## WHAT TO PRODUCE
All lines holding the word "OpenFault" should be located in the records and copied.
=======
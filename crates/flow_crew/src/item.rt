//! What goes through the queue: a task of this round.
ghost use Rattle.std.specs.Prelude.{◌≡◌, ◌≤◌, IfOk, Some};
ghost use Rattle.flow_board.specs.Parts.{task_number};
ghost use Rattle.flow_crew.specs.Rounds.{IsIn};

use flow_board::{Board, Gate, Task};
use flow_poll::Turned;
use flow_value::Runs;
use std::alloc::{AllocError, Global};
use std::marker::{Brand, Model, PhantomData};

/// A round: its board, the numbers of its tasks, and the numbers and journals with which they came. Each call picks it.
pub trait Round<W> {
    ghost use Rattle.std.specs.Prelude.{List, Option, ℕ};
    ghost use Rattle.flow_link.specs.declared.trace.Mark.{Mark};
    ghost use Rattle.flow_task.specs.declared.board.Board.{Board};

    ghost board: { Option (Board W) };

    ghost all: { List ℕ };

    ghost came: { List (ℕ × List Mark) };
}

impl<W> Round<W> for Brand {
    ghost use Rattle.std.specs.Prelude.{[], None};

    ghost board = { None };

    ghost all = { [] };

    ghost came = { [] };
}

/// A task of this round: of its board, with a journal that goes on from what its number came with. Contracts see its number.
#[derive(Drop)]
pub struct Item<W: Runs, J: Round<W>> {
    task: Task<W>,
    of: PhantomData<J>,
}

impl<W: Runs, J: Round<W>> Model for Item<W, J> {
    ghost use Rattle.std.specs.Prelude.{ℕ};
    ghost use Rattle.flow_board.specs.Parts.{task_number};
    ghost use Rattle.flow_crew.specs.Rounds.{IsIn};

    ghost Value = { ℕ };

    ghost view = { λ item. task_number item.task };

    ghost invariant = { λ item. IsIn J.board J.came item.task };
}

impl<W: Runs, J: Round<W>> Item<W, J> {
    pub(crate) fn new(task: Task<W>) -> Item<W, J>
        requires in_round { IsIn J.board J.came task }
        ensures number { result ≡ task_number task }
    {
        Item {
            task,
            of: PhantomData,
        }
    }

    pub(crate) fn into_task(self) -> Task<W>
        ensures in_round { IsIn J.board J.came result }
        ensures number { task_number result ≡ self }
    {
        self.task
    }

    /// Whether it is a lane to which a job has come.
    pub(crate) fn has_job(&mut self) -> bool
        ensures same { self.new ≡ self.old }
    {
        self.task.job().is_some()
    }

    /// Turns it for at most so many events; each job goes through the gate.
    pub(crate) fn turn<G: Gate>(
        &mut self,
        alloc: Global,
        board: &Board<W>,
        budget: u32,
        gate: &G,
    ) -> Result<Turned, AllocError>
        requires board { J.board ≡ Some board.now }
        ensures same { self.new ≡ self.old }
        ensures within { IfOk result (λ turned. turned.events ≤ budget) }
    {
        self.task.turn_through(alloc, board, budget, gate)
    }
}
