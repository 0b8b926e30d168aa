//! A network is scattered, run open, and gathered.
ghost use Rattle.std.specs.Prelude.{◌≡◌, ◌≢◌, ◌↔◌, ◌<◌, ◌≤◌, IfErr, IfOk, map};
ghost use Rattle.flow_value.specs.declared.value.Value.{Value};
ghost use Rattle.flow_lawful.specs.Lawful.{Lawful};
ghost use Rattle.flow_net.specs.Net.{layout_in, parts_of, run_of};
ghost use Rattle.flow_board.specs.Begun.{JournalsExtend};
ghost use Rattle.flow_board.specs.Parts.{AllEntriesOf, AllExitsOf, AllTasksOf, entry_number, exit_number};
ghost use Rattle.flow_crew.specs.Rounds.{ComeBack};
ghost use Rattle.flow_open.specs.Opened.{AreMatched, AreWhole, IsBack, IsLeftOf, IsOpened, IsRunOf};
ghost use Rattle.flow_open.specs.Sends.{EachSends};
ghost use Rattle.flow_open.specs.Takes.{EachTakes};
ghost use Rattle.flow_open.specs.declared.fault.Ended.TheVariants.{Unmatched};

use crate::calm::Calm;
use crate::fault::{Ended, OpenFault, Opened};
use crate::receivers::receive_all;
use crate::sender::Sender;
use crate::senders::send_all;
use crate::tasks::turn_all;
use flow_board::{
    Board, Entry, Exit, GatherFault, Parts, Scattered, Task, boards_are_shared, exits_cross,
    gather, scatter, tasks_cross,
};
use flow_net::Net;
use flow_value::{Runs, Value};
use std::alloc::{AllocError, Global};
use std::sync::Wait;
use std::thread::{Threads, join_mut};
use std::time::Clock;

/// Runs a network on so many threads, 1 to 64, while this thread sends into its inputs and another receives at its exits, until nothing
/// moves any more. There is a sender for each input that stays open, in the order of their blocks, and a receiver for each exit.
///
/// A sender whose values are long in coming holds up the other senders, and a receiver that takes long the other receivers.
///
/// Where memory is out, the network comes back, or its parts do, with all senders and receivers.
///
/// It waits for its threads. Where no thread can be made, it waits for ever.
///
/// Microsoft: `DataflowBlock.SendAsync` in one task, and `OutputAvailableAsync` with `ReceiveAsync` in another.
pub fn run_open<
    W: Runs + Send + Sync,
    S: Iterator<Item = Value>,
    F: FnMut(Value) + Send + Drop,
    R: Threads + Wait + Clock + Sync,
>(
    rt: &R,
    alloc: Global,
    net: Net<W>,
    workers: usize,
    senders: Vec<Sender<S>>,
    receivers: Vec<F>,
) -> Result<Opened<W, S, F>, OpenFault<W, S, F>>
    requires workers { (0 < workers) × (workers ≤ 64) }
    requires can_next { (state : S) → S.can_next state }
    requires can_take { (state : F) (value : Value) → F.pre state value }
    ensures same_layout { IfOk result (λ opened. layout_in opened.net ≡ layout_in net) }
    ensures lawful { IfOk result (λ opened. Lawful (run_of W.meaning opened.net)) }
    ensures extends { IfOk result (λ opened. JournalsExtend (layout_in net) (parts_of net) (parts_of opened.net)) }
    ensures ran { IfOk result (λ opened.
        IsOpened W.meaning S.next_gives (λ state value next. F.step state value tt next) net senders.items receivers.items opened) }
    ensures back { IfErr result (λ fault.
        IsBack W.meaning S.next_gives (λ state value next. F.step state value tt next) net senders.items receivers.items fault) }
{
    match scatter(alloc, net) {
        Ok(scattered) => {
            let Scattered {
                board,
                tasks,
                entries,
                exits,
                watches,
            } = scattered;
            drop(watches);
            let parts = Parts {
                board,
                tasks,
                entries,
                exits,
            };
            run_and_gather(rt, alloc, parts, workers, senders, receivers)
        }
        Err((net, AllocError)) => Err(OpenFault::Net(net, senders, receivers)),
    }
}

/// Runs the parts of a network, and puts them together again.
fn run_and_gather<
    W: Runs + Send + Sync,
    S: Iterator<Item = Value>,
    F: FnMut(Value) + Send + Drop,
    R: Threads + Wait + Clock + Sync,
>(
    rt: &R,
    alloc: Global,
    parts: Parts<W>,
    workers: usize,
    mut senders: Vec<Sender<S>>,
    mut receivers: Vec<F>,
) -> Result<Opened<W, S, F>, OpenFault<W, S, F>>
    requires workers { (0 < workers) × (workers ≤ 64) }
    requires can_next { (state : S) → S.can_next state }
    requires can_take { (state : F) (value : Value) → F.pre state value }
    requires whole { AreWhole parts }
    ensures ran { IfOk result (λ opened.
        IsRunOf W.meaning S.next_gives (λ state value next. F.step state value tt next) parts senders.items receivers.items opened) }
    ensures left { IfErr result (λ fault.
        IsLeftOf S.next_gives (λ state value next. F.step state value tt next) parts senders.items receivers.items fault) }
{
    let Parts {
        board,
        mut tasks,
        mut entries,
        mut exits,
    } = parts;
    let ended = run_parts(
        rt,
        alloc,
        &board,
        &mut tasks,
        workers,
        &mut entries,
        &mut senders,
        &mut exits,
        &mut receivers,
    );
    let parts = Parts {
        board,
        tasks,
        entries,
        exits,
    };
    match gather(alloc, parts) {
        Ok(net) => Ok(Opened {
            net,
            ended,
            senders,
            receivers,
        }),
        Err((parts, fault)) => match fault {
            GatherFault::Memory => Err(OpenFault::Parts(parts, senders, receivers)),
            // each task comes back, and so do entries and exits
            GatherFault::Missing(_) => unreachable!(),
        },
    }
}

/// Has so many threads turn the tasks, one send, and one receive, if there are as many senders as entries, and receivers as exits.
fn run_parts<
    'a,
    W: Runs + Send + Sync,
    S: Iterator<Item = Value>,
    F: FnMut(Value) + Send + Drop,
    R: Threads + Wait + Clock + Sync,
>(
    rt: &'a R,
    alloc: Global,
    board: &'a Board<W>,
    tasks: &mut Vec<Task<W>>,
    workers: usize,
    entries: &mut Vec<Entry<W>>,
    senders: &mut Vec<Sender<S>>,
    exits: &mut Vec<Exit<W>>,
    receivers: &mut Vec<F>,
) -> Ended
    requires workers { (0 < workers) × (workers ≤ 64) }
    requires can_next { (state : S) → S.can_next state }
    requires can_take { (state : F) (value : Value) → F.pre state value }
    requires tasks_of { AllTasksOf board.now tasks.old.items }
    requires entries_of { AllEntriesOf board.now entries.old.items }
    requires exits_of { AllExitsOf board.now exits.old.items }
    ensures tasks_back { ComeBack board.now tasks.old.items tasks.new.items }
    ensures entries_of { AllEntriesOf board.now entries.new.items }
    ensures exits_of { AllExitsOf board.now exits.new.items }
    ensures entries_are { map entry_number entries.new.items ≡ map entry_number entries.old.items }
    ensures exits_are { map exit_number exits.new.items ≡ map exit_number exits.old.items }
    ensures sends { EachSends S.next_gives entries.old.items senders.old.items entries.new.items senders.new.items }
    ensures takes { EachTakes (λ state value next. F.step state value tt next) exits.old.items receivers.old.items exits.new.items
        receivers.new.items }
    ensures matched { (result ≢ Unmatched) ↔ AreMatched entries.old.items senders.old.items exits.old.items receivers.old.items }
    ensures unmatched { (AreMatched entries.old.items senders.old.items exits.old.items receivers.old.items → ⊥)
        → (entries.new.items ≡ entries.old.items) × (senders.new.items ≡ senders.old.items)
        × (exits.new.items ≡ exits.old.items) × (receivers.new.items ≡ receivers.old.items) }
{
    let are_matched = entries.len() == senders.len() && exits.len() == receivers.len();
    if !are_matched {
        return Ended::Unmatched;
    }
    match turn_and_call(
        rt, alloc, board, tasks, workers, entries, senders, exits, receivers,
    ) {
        Ok(()) => Ended::AtRest,
        Err(AllocError) => Ended::OutOfMemory,
    }
}

/// Turns the tasks on so many threads, and calls entries and exits meanwhile.
fn turn_and_call<
    'a,
    W: Runs + Send + Sync,
    S: Iterator<Item = Value>,
    F: FnMut(Value) + Send + Drop,
    R: Threads + Wait + Clock + Sync,
>(
    rt: &'a R,
    alloc: Global,
    board: &'a Board<W>,
    tasks: &mut Vec<Task<W>>,
    workers: usize,
    entries: &mut Vec<Entry<W>>,
    senders: &mut Vec<Sender<S>>,
    exits: &mut Vec<Exit<W>>,
    receivers: &mut Vec<F>,
) -> Result<(), AllocError>
    requires workers { (0 < workers) × (workers ≤ 64) }
    requires can_next { (state : S) → S.can_next state }
    requires can_take { (state : F) (value : Value) → F.pre state value }
    requires tasks_of { AllTasksOf board.now tasks.old.items }
    requires entries_of { AllEntriesOf board.now entries.old.items }
    requires exits_of { AllExitsOf board.now exits.old.items }
    ensures tasks_back { ComeBack board.now tasks.old.items tasks.new.items }
    ensures entries_of { AllEntriesOf board.now entries.new.items }
    ensures exits_of { AllExitsOf board.now exits.new.items }
    ensures entries_are { map entry_number entries.new.items ≡ map entry_number entries.old.items }
    ensures exits_are { map exit_number exits.new.items ≡ map exit_number exits.old.items }
    ensures sends { EachSends S.next_gives entries.old.items senders.old.items entries.new.items senders.new.items }
    ensures takes { EachTakes (λ state value next. F.step state value tt next) exits.old.items receivers.old.items exits.new.items
        receivers.new.items }
{
    let calm = &Calm::new();
    tasks_cross::<W>();
    boards_are_shared::<W>();
    let (went, ()) = join_mut(
        rt,
        &mut ||
            requires { (0 < workers) × (workers ≤ 64) × AllTasksOf board.now tasks.now.items }
        { turn_all(rt, alloc, board, tasks, workers, calm) },
        &mut ||
            requires { AllEntriesOf board.now entries.now.items × AllExitsOf board.now exits.now.items
                × ((state : S) → S.can_next state) × ((state : F) (value : Value) → F.pre state value) }
            ensures { AllEntriesOf board.entry.now entries.exit.now.items × AllExitsOf board.entry.now exits.exit.now.items
                × (map entry_number entries.exit.now.items ≡ map entry_number entries.entry.now.items)
                × (map exit_number exits.exit.now.items ≡ map exit_number exits.entry.now.items)
                × EachSends S.next_gives entries.entry.now.items senders.entry.now.items entries.exit.now.items senders.exit.now.items
                × EachTakes (λ state value next. F.step state value tt next) exits.entry.now.items receivers.entry.now.items
                exits.exit.now.items receivers.exit.now.items }
        { call_all(rt, alloc, board, entries, senders, exits, receivers, calm) },
    );
    went
}

/// Receives in a thread, and sends in this one.
fn call_all<
    'a,
    W: Runs + Send + Sync,
    S: Iterator<Item = Value>,
    F: FnMut(Value) + Send + Drop,
    R: Threads + Wait + Clock + Sync,
>(
    rt: &'a R,
    alloc: Global,
    board: &'a Board<W>,
    entries: &mut Vec<Entry<W>>,
    senders: &mut Vec<Sender<S>>,
    exits: &mut Vec<Exit<W>>,
    receivers: &mut Vec<F>,
    calm: &'a Calm,
)
    requires can_next { (state : S) → S.can_next state }
    requires can_take { (state : F) (value : Value) → F.pre state value }
    requires entries_of { AllEntriesOf board.now entries.old.items }
    requires exits_of { AllExitsOf board.now exits.old.items }
    ensures entries_of { AllEntriesOf board.now entries.new.items }
    ensures exits_of { AllExitsOf board.now exits.new.items }
    ensures entries_are { map entry_number entries.new.items ≡ map entry_number entries.old.items }
    ensures exits_are { map exit_number exits.new.items ≡ map exit_number exits.old.items }
    ensures sends { EachSends S.next_gives entries.old.items senders.old.items entries.new.items senders.new.items }
    ensures takes { EachTakes (λ state value next. F.step state value tt next) exits.old.items receivers.old.items exits.new.items
        receivers.new.items }
{
    exits_cross::<W>();
    boards_are_shared::<W>();
    join_mut(
        rt,
        &mut ||
            requires { AllExitsOf board.now exits.now.items × ((state : F) (value : Value) → F.pre state value) }
            ensures { AllExitsOf board.entry.now exits.exit.now.items × (map exit_number exits.exit.now.items ≡ map exit_number exits.entry.now.items)
                × EachTakes (λ state value next. F.step state value tt next) exits.entry.now.items receivers.entry.now.items
                exits.exit.now.items receivers.exit.now.items }
        { receive_all(rt, alloc, board, exits, receivers, calm) },
        &mut ||
            requires { AllEntriesOf board.now entries.now.items × ((state : S) → S.can_next state) }
        { send_all(rt, alloc, board, entries, senders, calm) },
    );
}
=======
## OUTPUT FOR THIS TASK
use crate::fault::{Ended, OpenFault, Opened};
) -> Result<Opened<W, S, F>, OpenFault<W, S, F>>
        Err((net, AllocError)) => Err(OpenFault::Net(net, senders, receivers)),
) -> Result<Opened<W, S, F>, OpenFault<W, S, F>>
            GatherFault::Memory => Err(OpenFault::Parts(parts, senders, receivers)),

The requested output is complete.